### WORK ITEM:
Where in the data below does the word "these" appear? Copy each line that holds it.

### DATA SHOWN:

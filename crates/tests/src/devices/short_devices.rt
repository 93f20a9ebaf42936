//! The devices, through the bounds that a caller has.
ghost use Rattle.std.specs.Prelude.{◌≤◌};

use super::common::Failed;
use crate::rows::holds;
use std::alloc::Global;
use std::io::{Read, Write};
use vt_vectors::{ShortReader, ShortWriter};

/// Returns the answers of so many reads, each of at most four bytes, in one line. An answer is what was read, or `!`
/// for an error, and `,`.
fn reads<R: Read>(alloc: Global, reader: &mut R, count: u8) -> Result<Vec<u8>, Failed> {
    let mut line = Vec::new(alloc);
    for _ in 0..count {
        let mut buffer = [0u8; 4];
        match reader.read(&mut buffer) {
            Ok(n) => line.extend_from_slice(buffer.get(..n).unwrap_or(b"?"))?,
            Err(_) => line.extend_from_slice(b"!")?,
        }
        line.extend_from_slice(b",")?;
    }
    Ok(line)
}

/// Returns the answers of so many writes of a chunk's rest, in one line. An answer is how many bytes were taken, or `!`
/// for an error, and `,`.
fn writes<W: Write>(
    alloc: Global,
    writer: &mut W,
    piece: &[u8],
    count: u8,
) -> Result<String, Failed> {
    let mut line = String::new(alloc);
    let mut left = piece;
    for _ in 0..count {
        match writer.write(left) {
            Ok(n) => {
                left = left.get(n..).unwrap_or(b"?");
                let taken = format!(in alloc; "{n},")?;
                line.push_str(taken.as_str())?;
            }
            Err(_) => line.push_str("!,")?,
        }
    }
    Ok(line)
}

/// The most bytes of a call.
#[derive(Clone, Copy)]
struct Most {
    count: usize,
    ghost some: { 1 ≤ count },
}

/// One, three and nine bytes.
const ONE: Most = Most { count: 1 };

const THREE: Most = Most { count: 3 };

const NINE: Most = Most { count: 9 };

/// The most bytes of a read, the call that fails, and the answers of eight reads.
const READERS: [(Most, Option<usize>, &[u8]); 6] = [
    (ONE, None, b"a,b,c,d,e,f,g,,"),
    (THREE, None, b"abc,def,g,,,,,,"),
    (NINE, None, b"abcd,efg,,,,,,,"),
    (ONE, Some(3), b"a,b,!,c,d,e,f,g,"),
    (THREE, Some(1), b"!,abc,def,g,,,,,"),
    (THREE, Some(0), b"abc,def,g,,,,,,"),
];

/// Returns whether a reader's answers are these.
fn is_read(alloc: Global, most: Most, fail: Option<usize>, line: &[u8]) -> Result<bool, Failed> {
    let mut reader = ShortReader::new(b"abcdefg", most.count, fail);
    Ok(reads(alloc, &mut reader, 8)?.as_slice() == line)
}

#[test]
fn a_reader_gives_little_and_fails_once(rt: HostRuntime) {
    for (i, (most, fail, line)) in READERS.iter().enumerate() {
        holds(&rt, i, is_read(rt.alloc(), *most, *fail, line));
    }
}

/// The capacity, the most bytes of a write, the call that fails, the results of four writes, and what was taken.
type Writing = (usize, Most, Option<usize>, &'static str, &'static [u8]);

const WRITERS: [Writing; 5] = [
    (9, THREE, None, "3,3,1,0,", b"abcdefg"),
    (5, THREE, None, "3,2,0,0,", b"abcde"),
    (9, THREE, Some(2), "3,!,3,1,", b"abcdefg"),
    (9, NINE, Some(1), "!,7,0,0,", b"abcdefg"),
    (0, ONE, Some(5), "0,0,0,0,", b""),
];

/// Returns whether a writer's answers are these, and what it has taken.
fn is_written(alloc: Global, (room, most, fail, line, taken): &Writing) -> Result<bool, Failed> {
    let into = Vec::with_capacity(alloc, *room)?;
    let mut writer = ShortWriter::new(into, *room, most.count, *fail);
    let answers = writes(alloc, &mut writer, b"abcdefg", 4)?;
    Ok(answers.as_str() == *line && writer.taken() == *taken)
}

#[test]
fn a_writer_takes_little_and_fails_once(rt: HostRuntime) {
    for (i, row) in WRITERS.iter().enumerate() {
        holds(&rt, i, is_written(rt.alloc(), row));
    }
}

### WRITTEN ANSWER:
/// Returns whether a reader's answers are these.
/// Returns whether a writer's answers are these, and what it has taken.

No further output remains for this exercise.